Revised October 2016
Reaffirmed September 2005
Originally approved June 1999 from Board motion "Nursing Shortage" (1988)
The American College of Emergency Physicians (ACEP) supports emergency department (ED) nurse staffing systems that provide adequate numbers of registered nurses who are trained and experienced in the practice of emergency nursing. Adequate nurse staffing levels should account for patient volume and acuity, the increased time demands of electronic medical record documentation, the number of patients boarding in the ED, patient/family education, and care coordination. Nurse staffing should be evaluated on these factors in addition to experience and skill mix of the ED staff.

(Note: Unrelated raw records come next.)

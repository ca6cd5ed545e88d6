//! Lines, records and their keys.

ghost use Rattle.ga_panels.specs.Facts.{CanHaveKeys};

use ga_agents::Rules;
use ga_base::{
    DateSpec, HourSpec, Key, Keys, Line, NoMemory, Panel, PanelSet, Record, Statuses, Text, Texts,
    Visitor,
};
use ga_dates::{DateFormat, TimeFormat};
use ga_hosts::Ranges;
use ga_line::{LineSetup, Shape, read_line};
use ga_panels::{PanelSetup, is_excluded, keys_of, visitor_of};
use std::alloc::Global;

/// How lines are read.
pub fn line_setup(format: Shape, date: DateFormat, time: TimeFormat) -> LineSetup {
    LineSetup {
        format,
        date,
        time,
        no_ip_validation: false,
        strict_status: false,
        double_decode: false,
        no_query: false,
    }
}

/// How they are counted.
pub fn panel_setup(
    rules: Rules,
    ranges: Ranges,
    statics: Texts,
    ignore_status: Statuses,
    panels: PanelSet,
) -> PanelSetup {
    PanelSetup {
        rules,
        ranges,
        statics,
        all_static: false,
        ignore_crawlers: false,
        ignore_status,
        panels,
        count_4xx: false,
        as_404: false,
        date_spec: DateSpec::Date,
        hour_spec: HourSpec::Hour,
    }
}

/// A record of a day, in which all else is empty.
pub fn empty_record() -> Record {
    Record {
        host: Text::new(),
        date: 20_240_115,
        minute: None,
        method: Text::new(),
        protocol: Text::new(),
        url: Text::new(),
        status: 0,
        bytes: 0,
        micros: None,
        referrer: Text::new(),
        agent: Text::new(),
        vhost: Text::new(),
        user: Text::new(),
        cache: Text::new(),
        mime: Text::new(),
        tls: Text::new(),
    }
}

/// A key of that day, with this label.
pub fn day_key(label: Text) -> Key {
    Key {
        panel: Panel::Visitors,
        date: 20_240_115,
        parent: Text::new(),
        label,
        method: Text::new(),
        protocol: Text::new(),
    }
}

/// A visitor of that day.
pub fn day_visitor() -> Visitor {
    Visitor {
        host: Text::new(),
        date: 20_240_115,
        agent: Text::new(),
    }
}

/// What a line says.
pub fn line_of(alloc: Global, setup: &LineSetup, line: &[u8]) -> Result<Line, NoMemory> {
    read_line(alloc, setup, line)
}

/// The record of a line, where it has one.
pub fn record_of(line: &Line) -> Option<&Record> {
    match line {
        Line::Skipped | Line::Failed => None,
        Line::Good(record) => Some(record),
    }
}

/// The keys of a record.
pub fn keys(alloc: Global, setup: &PanelSetup, rec: &Record) -> Result<Keys, NoMemory>
    requires { CanHaveKeys rec.now }
{
    keys_of(alloc, setup, rec)
}

/// Its visitor, where it is a visit.
pub fn visitor(setup: &PanelSetup, rec: &Record) -> Result<Option<Visitor>, NoMemory> {
    visitor_of(setup, rec)
}

/// Whether it isn't counted.
pub fn excluded(setup: &PanelSetup, rec: &Record) -> bool {
    is_excluded(setup, rec)
}
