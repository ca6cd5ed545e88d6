ghost use Rattle.std.specs.Prelude.{◌≡◌, ◌+◌, ◌≤◌, false, OnOk, OnErr, IfOk, [], max, length, vec_len, vec_capacity};
ghost use Rattle.ga_base.specs.declared.key.Key.{Key as TheKey};
ghost use Rattle.ga_base.specs.Orders.{is_same_key, key_cmp};
ghost use Rattle.ga_summary.specs.Steps.Entries.{AllClosed, rows_of};
ghost use Rattle.ga_summary.specs.Steps.Room.{HasRoom, AllHaveRoom, OpenAmong, entry_at};
ghost use Rattle.ga_summary.specs.Steps.Places.{Rises};

use crate::entries::find;
use crate::entry::Entry;
use ga_base::NoMemory;

/// This many entries are put in their places one by one; more come in by one pass over all.
const FEW_ENTRIES: usize = 32;

/// Reserves room for an entry's names at the entry of its key, if it is there.
fn reserve_names(entries: &mut Vec<Box<Entry>>, more: &Entry) -> Result<(), NoMemory>
    requires { Rises key_cmp (λ row. row.key) (rows_of entries.old.items) }
    ensures rows { rows_of entries.new.items ≡ rows_of entries.old.items }
    ensures ok { OnOk result (HasRoom entries.new.items more.now) }
    ensures kept { OnOk result ((other : _) → HasRoom entries.old.items other → HasRoom entries.new.items other) }
    ensures others { (key : TheKey) → is_same_key key more.now.key ≡ false → entry_at entries.new.items key ≡ entry_at entries.old.items key }
    ensures len { vec_len entries.new ≡ vec_len entries.old }
    ensures capacity { vec_capacity entries.new ≡ vec_capacity entries.old }
{
    match find(entries, &more.key) {
        Ok(at) => {
            let entry: &mut Entry = &mut entries[at];
            entry.reserve(more)
        }
        Err(_) => Ok(()),
    }
}

/// Reserves places for entries: where the others are, or for many entries in a list of its own, for one pass over all.
fn reserve_places(
    entries: &mut Vec<Box<Entry>>,
    more: &[Box<Entry>],
) -> Result<Vec<Box<Entry>>, NoMemory>
    ensures items { entries.new.items ≡ entries.old.items }
    ensures len { vec_len entries.new ≡ vec_len entries.old }
    ensures none { IfOk result (λ room. room.items ≡ []) }
    ensures room { IfOk result (λ room. vec_len entries.new + length more.now ≤ max (vec_capacity entries.new) (vec_capacity room)) }
{
    let alloc = *entries.allocator();
    if more.len() <= FEW_ENTRIES {
        entries.reserve(more.len())?;
        return Ok(Vec::new(alloc));
    }
    Ok(Vec::with_capacity(alloc, entries.len() + more.len())?)
}

/// Reserves room for the names of entries at the entries of their keys. Of these some may be open then.
fn reserve_all_names(entries: &mut Vec<Box<Entry>>, more: &[Box<Entry>]) -> Result<(), NoMemory>
    requires rising { Rises key_cmp (λ row. row.key) (rows_of entries.old.items) }
    requires closed { AllClosed entries.old.items }
    ensures rows { rows_of entries.new.items ≡ rows_of entries.old.items }
    ensures names { OnOk result (AllHaveRoom entries.new.items more.now) }
    ensures opened { OnOk result (OpenAmong entries.new.items more.now) }
    ensures len { vec_len entries.new ≡ vec_len entries.old }
    ensures capacity { vec_capacity entries.new ≡ vec_capacity entries.old }
{
    for entry in more {
        reserve_names(entries, entry)?;
    }
    Ok(())
}

/// Closes all entries.
fn close_all(entries: &mut [Box<Entry>])
    ensures rows { rows_of entries.new ≡ rows_of entries.old }
    ensures closed { AllClosed entries.new }
{
    for boxed in entries.iter_mut() {
        let entry: &mut Entry = boxed;
        entry.close();
    }
}

/// Reserves all that entries need to be put among those that are there. The list that it gives is the room for one pass.
///
/// Entries that get more may be open then. After an `Err` all are closed.
pub(crate) fn reserve(
    entries: &mut Vec<Box<Entry>>,
    more: &[Box<Entry>],
) -> Result<Vec<Box<Entry>>, NoMemory>
    requires rising { Rises key_cmp (λ row. row.key) (rows_of entries.old.items) }
    requires closed { AllClosed entries.old.items }
    ensures rows { rows_of entries.new.items ≡ rows_of entries.old.items }
    ensures closed { OnErr result (AllClosed entries.new.items) }
    ensures opened { OnOk result (OpenAmong entries.new.items more.now) }
    ensures none { IfOk result (λ room. room.items ≡ []) }
    ensures room { IfOk result (λ room. vec_len entries.new + length more.now ≤ max (vec_capacity entries.new) (vec_capacity room)) }
    ensures names { OnOk result (AllHaveRoom entries.new.items more.now) }
{
    let room = reserve_places(entries, more)?;
    match reserve_all_names(entries, more) {
        Ok(()) => Ok(room),
        Err(err) => {
            close_all(entries);
            Err(err)
        }
    }
}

Maintaining emergency department nurse staffing at levels comparable to inpatient and observation units is prudent to provide the same standard of care, treatment, and services to meet patient care and safety expectations. Contingency plans should provide additional nurse staffing for unanticipated emergency patient volume and/or acuity, and boarding of emergency patients awaiting community psychiatric, observation or inpatient bed placement. These plans should include the assignment of medical, surgical, and ICU nurses in addition to behavioral health personnel to the ED, as needed to care for patients boarded in the ED.
Emergency department staffing models should account for experience in emergency nursing as well as the proportion of ancillary personnel available to support the emergency nursing staff.